## WORK INSTRUCTION
Return only the stretch of the material below that begins with the line containing "pub fn copy_from(&mut self, items: &[T])" and ends with the line containing "from.end ≤ length", exactly; both of those lines belong to it.

## MATERIAL FOR THIS EXERCISE
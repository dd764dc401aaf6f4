//! Vectors that never grow past the room that they were given: over a slice that is lent, or with memory that is taken once
//! for as many items as there may ever be. What isn't used of that isn't touched. And `Cell`, what output lines are vectors of.
//!
//! It stands on no crate of the repository. To read: `cell`, `slots`, `slice_vec`; `counted_alloc`, `reserved_vec`, `reserved_array`, `fixed_vec`.
//!
//! Proved: The invariant that the capacity is that of its vector, and a call `memory` that asks the vector, have also
//! `Pool` (nr_pool: `Pool::{element_memory, text_memory}`), `Queue` (nr_fill), `Stack` (nr_levels) and `GapVec`
//! (nr_page). Whatever holds one of the five says by its own invariant which room it has under its limits, up to
//! nr_engine.
#![tactic(auto)]

pub mod cell;
mod counted_alloc;
mod fixed_vec;
mod reserved_array;
mod reserved_vec;
pub mod slice_vec;
mod slots;

pub use counted_alloc::CountedAlloc;
pub use fixed_vec::FixedVec;
pub use reserved_array::ReservedArray;
pub use reserved_vec::ReservedVec;
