//! A vector whose memory is taken once, and that gives nobody its allocator.
ghost use Rattle.std.specs.Prelude.{◌≡◌, ◌+◌, ◌-◌, ◌==◌, ◌<◌, ◌≤◌, [], ◌∷◌, ◌++◌, length, take, replicate, slice_index_or, max, IfOk};
ghost use Rattle.std.specs.List.{CopiedTo, SameBelow, SameFrom, copy_within};
ghost use Rattle.std.specs.Borrow.{sem};

use crate::counted_alloc::CountedAlloc;
use std::alloc::AllocError;
use std::marker::Model;
use std::ops::{Index, IndexMut, Range};

/// By how many items a vector becomes longer at least, where it has room for so many.
const STEP: usize = 64;

/// Items, and memory for a number of them, which `new` takes and no other call does. It has no call that gives its allocator,
/// so whatever holds items in it can't take memory by it.
///
/// Clauses see the items and the capacity, the greatest number of items.
///
/// Proved: A vector whose memory is taken once has that memory after every call, and no call gives its allocator.
#[derive(Drop)]
pub struct ReservedVec<T: Copy> {
    items: Vec<T>,
}

impl<T: Copy> Model for ReservedVec<T> {
    ghost use Rattle.std.specs.Prelude.{vec_capacity};
    ghost use Rattle.nr_vectors.specs.Items.{Items};

    ghost Value = { Items T };

    ghost view = { λ v. record { items = v.items.items; capacity = vec_capacity v.items } };
}

impl<T: Copy> ReservedVec<T> {
    ghost use Rattle.nr_vectors.specs.Lends.{lends_slice};

    /// No items, and room for so many: `AllocError` where there is no memory for them.
    pub fn new(alloc: &mut CountedAlloc, capacity: usize) -> Result<ReservedVec<T>, AllocError>
        ensures made { IfOk result (λ made. made ≡ record { items = []; capacity = capacity }) }
        ensures taken { IfOk result (λ made. alloc.new ≡ alloc.old + capacity) }
    {
        let items = alloc.vector(capacity)?;
        Ok(ReservedVec { items })
    }

    /// How many items there is memory for, as its vector tells.
    #[inline]
    pub fn capacity(&self) -> usize
        ensures { result ≡ self.now.capacity }
    {
        self.items.capacity()
    }

    /// The number of items.
    #[inline]
    pub fn len(&self) -> usize
        ensures { result ≡ length self.now.items }
    {
        self.items.len()
    }

    /// Whether there is no item.
    #[inline]
    pub fn is_empty(&self) -> bool
        ensures { result ≡ (length self.now.items == 0) }
    {
        self.items.is_empty()
    }

    /// The items.
    #[inline]
    pub fn as_slice(&self) -> &[T]
        ensures value { result.now ≡ self.now.items }
        ensures len { length result.now ≡ length self.now.items }
    {
        self.items.as_slice()
    }

    /// The items, for writing.
    #[inline]
    pub fn as_mut_slice(&mut self) -> &mut [T]
        ensures* writes_back { sem 𝓛 (lends_slice T.row self.entry result) }
        ensures value { result.now ≡ self.old.items }
        ensures len { length result.now ≡ length self.old.items }
    {
        self.items.as_mut_slice()
    }

    /// Adds an item at the end.
    #[inline]
    pub fn push(&mut self, item: T)
        requires { length self.old.items < self.old.capacity }
        ensures items { self.new.items ≡ self.old.items ++ item ∷ [] }
        ensures room { self.new.capacity ≡ self.old.capacity }
    {
        self.items.push_reserved(item);
    }

    /// Keeps the first n items; all, if there are no more than these.
    #[inline]
    pub fn truncate(&mut self, n: usize)
        ensures items { self.new.items ≡ take n self.old.items }
        ensures room { self.new.capacity ≡ self.old.capacity }
    {
        self.items.truncate(n);
    }

    /// Takes all items away.
    #[inline]
    pub fn clear(&mut self)
        ensures items { self.new.items ≡ [] }
        ensures room { self.new.capacity ≡ self.old.capacity }
    {
        self.items.clear();
    }

    /// Takes copies of these items in place of its own.
    pub fn copy_from(&mut self, items: &[T])
        requires { length items.now ≤ self.old.capacity }
        ensures items { self.new.items ≡ items.now }
        ensures room { self.new.capacity ≡ self.old.capacity }
    {
        self.items.truncate(items.len());
        let (first, more) = items.split_at(self.items.len());
        self.items.as_mut_slice().copy_from_slice(first);
        for item in more {
            self.items.push_reserved(*item);
        }
    }

    /// Copies the items of a range over those that stand from a place on.
    #[inline]
    pub fn copy_within(&mut self, from: Range<usize>, to: usize)
        requires start_le_end { from.start ≤ from.end }
        requires in_bounds { from.end ≤ length self.old.items }
        requires dest_in_bounds { to + (from.end - from.start) ≤ length self.old.items }
        ensures items { self.new.items ≡ copy_within self.old.items from.start from.end to }
        ensures len { length self.new.items ≡ length self.old.items }
        ensures room { self.new.capacity ≡ self.old.capacity }
        ensures by_index { CopiedTo self.old.items self.new.items from.start to (from.end - from.start)
            × SameBelow self.old.items self.new.items to
            × SameFrom self.old.items self.new.items (to + (from.end - from.start)) }
    {
        self.items.copy_within(from, to);
    }

    /// Makes it as long as asked for, by copies of an item after what it has. It becomes 64 items longer at least, where there
    /// is room for them, so that few calls write, and all calls together no more than 64 items beyond what was asked for.
    ///
    /// Proved: A vector is made longer within its capacity, by at most 63 items beyond what is asked for, and its
    /// capacity stays.
    #[inline]
    pub fn lengthen(&mut self, least: usize, item: T)
        requires asked { least ≤ self.old.capacity }
        requires held { length self.old.items ≤ self.old.capacity }
        ensures items { self.new.items ≡ self.old.items
            ++ replicate (length self.new.items - length self.old.items) item }
        ensures longer { length self.old.items ≤ length self.new.items }
        ensures least { least ≤ length self.new.items }
        ensures most { length self.new.items ≤ max (length self.old.items) (least + 63) }
        ensures held { length self.new.items ≤ self.new.capacity }
        ensures room { self.new.capacity ≡ self.old.capacity }
    {
        if least > self.items.len() {
            self.grow(least, item);
        }
    }

    /// The same where it is shorter.
    #[cold]
    fn grow(&mut self, least: usize, item: T)
        requires shorter { length self.old.items < least }
        requires asked { least ≤ self.old.capacity }
        ensures items { self.new.items ≡ self.old.items
            ++ replicate (length self.new.items - length self.old.items) item }
        ensures longer { length self.old.items ≤ length self.new.items }
        ensures least { least ≤ length self.new.items }
        ensures most { length self.new.items ≤ least + 63 }
        ensures held { length self.new.items ≤ self.new.capacity }
        ensures room { self.new.capacity ≡ self.old.capacity }
    {
        let stepped = self.items.len().saturating_add(STEP);
        let longer = least.max(stepped).min(self.items.capacity());
        for _ in self.items.len()..longer {
            self.items.push_reserved(item);
        }
    }
}

impl<T: Copy> Index<usize> for ReservedVec<T> {
    type Output = T;

    ghost can_index = { λ v place. place < length v.items };

    ghost index_gives = { λ v place item. item ≡ slice_index_or v.items place item };

    #[inline]
    fn index(&self, place: usize) -> &T {
        &self.items[place]
    }
}

impl<T: Copy> IndexMut<usize> for ReservedVec<T> {
    ghost use Rattle.nr_vectors.specs.Lends.{lends_item};

    #[inline]
    fn index_mut(&mut self, place: usize) -> &mut T
        requires { place < length self.old.items }
        ensures* writes_back { sem 𝓛 (lends_item T.row self.entry place result) }
        ensures value { result.now ≡ slice_index_or self.old.items place result.now }
    {
        &mut self.items[place]
    }
}
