//! A text is looked at, coded with a table of its own, and shown again.
ghost use Rattle.utf8_own_characters.specs.Table.{Good};

use document_stages::{Buffer, Pull, Text};
use nr_units::sink::Sink;
use nr_units::source::Source;
use nr_vectors::CountedAlloc;
use nr_vectors::slice_vec::SliceVec;
use std::alloc::{AllocError, Global};
use utf8_own_characters::{
    Cluster, Count, Listener, OwnTable, choose, end_look, fill_slots, look_at, rank,
};
use utf8_own_sink::Shown;
use utf8_own_stage::Coder;

/// The most bytes of what comes of a text.
const MOST: usize = 4_096;

/// What became of a text.
#[derive(Drop)]
pub struct ComeBack {
    pub narrow: usize,
    pub wide: usize,
    /// How many had no room.
    pub reported: usize,
    /// How many bytes stood for it.
    pub bytes: usize,
    /// What is shown of it in the end.
    pub shown: Buffer,
}

/// What a text is coded as.
fn code(text: &[u8], table: &OwnTable<'_>, coded: &mut Buffer) -> usize
    requires { Good table.now }
{
    let mut room = [0; 64];
    let mut bytes = Pull::over(Coder::over(table), Text::over(text), &mut room);
    let mut count = 0usize;
    for _ in 0..MOST {
        match bytes.next() {
            Ok(Some(byte)) => {
                let _put = coded.put(&[byte]);
                count = count.saturating_add(1);
            }
            _ => return count,
        }
    }
    count
}

/// What becomes of a text, of up to 512 different clusters.
pub fn back_of(alloc: Global, text: &str) -> Result<ComeBack, AllocError> {
    let none = Cluster::single('\0');
    let blank = Count {
        cluster: none,
        times: 0,
    };
    let mut count_cells = [blank; 512];
    let mut ranked_cells = [blank; 512];
    let mut slots = [0; 1_024];
    let mut counts = SliceVec::over(&mut count_cells);
    let mut ranked = SliceVec::over(&mut ranked_cells);
    let mut listener = Listener::new();
    look_at(text.as_bytes(), &mut listener, &mut counts, &mut slots);
    end_look(&listener, &mut counts, &mut slots);
    rank(counts.as_slice(), &mut ranked);
    let mut narrow_cells = [none; 128];
    let mut wide_cells = vec![in alloc; none; 4_096]?;
    let mut narrow = SliceVec::over(&mut narrow_cells);
    let mut wide = SliceVec::over(&mut wide_cells);
    let reported = choose(ranked.as_slice(), &mut narrow, &mut wide);
    fill_slots(narrow.as_slice(), wide.as_slice(), &mut slots);
    let table = OwnTable::chosen(
        ranked.as_slice(),
        narrow.as_slice(),
        wide.as_slice(),
        &slots,
    );
    let mut coded = Buffer::new(&mut CountedAlloc::new(alloc), MOST)?;
    let mut shown = Buffer::new(&mut CountedAlloc::new(alloc), MOST)?;
    let bytes = code(text.as_bytes(), &table, &mut coded);
    let mut room = [0; 512];
    let mut sink = Shown::over(&mut shown, &table, false, &mut room);
    let _put = sink.put(coded.as_slice());
    let (_output, _ended) = sink.finish();
    Ok(ComeBack {
        narrow: narrow.len(),
        wide: wide.len(),
        reported,
        bytes,
        shown,
    })
}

## ANSWER SPACE
    pub fn copy_from(&mut self, items: &[T])
        requires { length items.now ≤ self.old.capacity }
        ensures items { self.new.items ≡ items.now }
        ensures room { self.new.capacity ≡ self.old.capacity }
    {
        self.items.truncate(items.len());
        let (first, more) = items.split_at(self.items.len());
        self.items.as_mut_slice().copy_from_slice(first);
        for item in more {
            self.items.push_reserved(*item);
        }
    }

    /// Copies the items of a range over those that stand from a place on.
    #[inline]
    pub fn copy_within(&mut self, from: Range<usize>, to: usize)
        requires start_le_end { from.start ≤ from.end }
        requires in_bounds { from.end ≤ length self.old.items }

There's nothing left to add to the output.